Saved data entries
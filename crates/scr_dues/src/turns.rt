//! Turns that are under way, and gates that await their drain (turns and gates are our own).
ghost use Rattle.component_state.specs.declared.component.Component.{Component};
ghost use Rattle.scr_world.specs.Calls.{next_drain};
ghost use Rattle.scr_world.specs.Consequences.{is_draining};
ghost use Rattle.scr_world.specs.Instances.{has_turn, last_callback};
ghost use Rattle.scr_world.specs.Legal.{awaits_drain, is_under_way};
ghost use Rattle.scr_world.specs.TurnSteps.{class_in, name_in, work_for, work_under_way};
ghost use Rattle.scr_world.specs.Worlds.{all_instances};
ghost use Rattle.std.specs.List.{list_any};
ghost use Rattle.std.specs.Option.{option_copied, option_map_or};
ghost use Rattle.std.specs.Prelude.{◌≡◌, [], IfOk, find, option_map};

use crate::components::component_in;
use crate::own_rows::OwnRows;
use callback_orders::Callback;
use component_state::Component;
use instance_callbacks::InstanceCallbacks;
use journal_core::GateKey;
use prop_map::{Copies, OutOfMemory, Str};
use scr_world::{Instance, World, ends, last_callback};
use std::alloc::Global;
use turn_work::{Site, TurnWork};

fn told_among(instances: &[Instance], turn: u64) -> Option<&Instance>
    ensures { option_copied result ≡ find (has_turn turn) instances.now }
{
    instances.iter().find(|instance| instance.has_turn(turn))
}

// The instance that is told by a turn under way.
fn told_by(world: &World, turn: u64) -> Option<&Instance>
    ensures { option_copied result ≡ find (has_turn turn) (all_instances world.now) }
{
    let whiteboard = &world.whiteboard;
    if whiteboard.has_turn(turn) {
        Some(whiteboard)
    } else {
        told_among(world.instances.as_slice(), turn)
    }
}

fn is_told(instances: &[Instance], turn: u64) -> bool
    ensures { result ≡ list_any (has_turn turn) instances.now }
{
    instances.iter().any(|instance| instance.has_turn(turn))
}

/// Whether a turn is under way. It takes no memory.
pub fn is_under_way(world: &World, turn: u64) -> bool
    ensures { result ≡ is_under_way world.now turn }
{
    world.whiteboard.has_turn(turn) || is_told(world.instances.as_slice(), turn)
}

// A copy of the last callback that an instance was told of.
fn last_copied(
    alloc: Global,
    callbacks: &InstanceCallbacks,
) -> Result<Option<Callback>, OutOfMemory>
    ensures { IfOk result (λ callback. callback ≡ last_callback callbacks.now) }
{
    match last_callback(callbacks) {
        Some(callback) => Ok(Some(callback.copy(alloc)?)),
        None => Ok(None),
    }
}

fn name_by(alloc: Global, component: Option<&Component>) -> Result<Str, OutOfMemory>
    ensures { IfOk result (λ name. name ≡ option_map_or (λ (c : Component). c.description.name) (option_copied component.entry) []) }
{
    match component {
        Some(component) => component.description.get().name.copy(alloc),
        None => Ok(Str::of(String::new(alloc))),
    }
}

fn class_by(alloc: Global, component: Option<&Component>) -> Result<Str, OutOfMemory>
    ensures { IfOk result (λ class. class ≡ option_map_or (λ (c : Component). c.description.implementation_class) (option_copied component.entry) []) }
{
    match component {
        Some(component) => component.description.get().implementation_class.copy(alloc),
        None => Ok(Str::of(String::new(alloc))),
    }
}

fn name_in(
    alloc: Global,
    own: &OwnRows,
    world: &World,
    configuration: u64,
) -> Result<Str, OutOfMemory>
    ensures { IfOk result (λ name. name ≡ name_in world.now configuration) }
{
    name_by(
        alloc,
        component_in(own, world.components.as_slice(), configuration),
    )
}

/// The class of a component configuration, none where it isn't known.
///
/// # Errors
/// Only want of memory.
pub fn class_in(
    alloc: Global,
    own: &OwnRows,
    world: &World,
    configuration: u64,
) -> Result<Str, OutOfMemory>
    ensures { IfOk result (λ class. class ≡ class_in world.now configuration) }
{
    class_by(
        alloc,
        component_in(own, world.components.as_slice(), configuration),
    )
}

fn work_for(
    alloc: Global,
    own: &OwnRows,
    world: &World,
    turn: u64,
    instance: &Instance,
    callback: Callback,
) -> Result<TurnWork, OutOfMemory>
    ensures { IfOk result (λ work. work ≡ work_for world.now turn instance.now callback) }
{
    let configuration = instance.origin.get().configuration;
    Ok(TurnWork {
        number: turn,
        callback,
        instance: instance.number,
        name: name_in(alloc, own, world, configuration)?,
        site: Site {
            class: class_in(alloc, own, world, configuration)?,
            properties: instance.properties.get().copy(alloc)?,
        },
    })
}

fn work_told(
    alloc: Global,
    own: &OwnRows,
    world: &World,
    turn: u64,
    instance: &Instance,
) -> Result<Option<TurnWork>, OutOfMemory>
    ensures { IfOk result (λ work. work ≡ option_map (work_for world.now turn instance.now) (last_callback instance.now.callbacks)) }
{
    match last_copied(alloc, &instance.callbacks)? {
        Some(callback) => Ok(Some(work_for(alloc, own, world, turn, instance, callback)?)),
        None => Ok(None),
    }
}

/// The work of a turn that is under way, none where no such turn is.
///
/// # Errors
/// Only want of memory.
pub fn work_under_way(
    alloc: Global,
    own: &OwnRows,
    world: &World,
    turn: u64,
) -> Result<Option<TurnWork>, OutOfMemory>
    ensures { IfOk result (λ work. work ≡ work_under_way world.now turn) }
{
    match told_by(world, turn) {
        Some(instance) => work_told(alloc, own, world, turn, instance),
        None => Ok(None),
    }
}

/// Whether the gate of an instance is shut and its drain isn't posted. It takes no memory.
pub fn awaits_drain(world: &World, instance: &Instance) -> bool
    ensures { result ≡ awaits_drain world.now instance.now }
{
    !instance.drained && instance.is_active() && ends(world, instance)
}

fn first_awaiting<'a>(world: &World, instances: &'a [Instance]) -> Option<&'a Instance>
    ensures { option_copied result ≡ find (awaits_drain world.now) instances.now }
{
    instances
        .iter()
        .find(|instance| awaits_drain(world, instance))
}

/// The gate of the first instance that awaits its drain, if one does. It takes no memory.
pub fn next_drain(world: &World) -> Option<GateKey>
    ensures { result ≡ next_drain world.now }
{
    match first_awaiting(world, world.instances.as_slice()) {
        Some(instance) => Some(instance.gate()),
        None => None,
    }
}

■ **What the task asks**
Which lines above contain the word "configuration"? List them.

■ **Result for this exercise**
    configuration: u64,
    ensures { IfOk result (λ name. name ≡ name_in world.now configuration) }
        component_in(own, world.components.as_slice(), configuration),
/// The class of a component configuration, none where it isn't known.
    configuration: u64,
    ensures { IfOk result (λ class. class ≡ class_in world.now configuration) }
        component_in(own, world.components.as_slice(), configuration),
    let configuration = instance.origin.get().configuration;
        name: name_in(alloc, own, world, configuration)?,
            class: class_in(alloc, own, world, configuration)?,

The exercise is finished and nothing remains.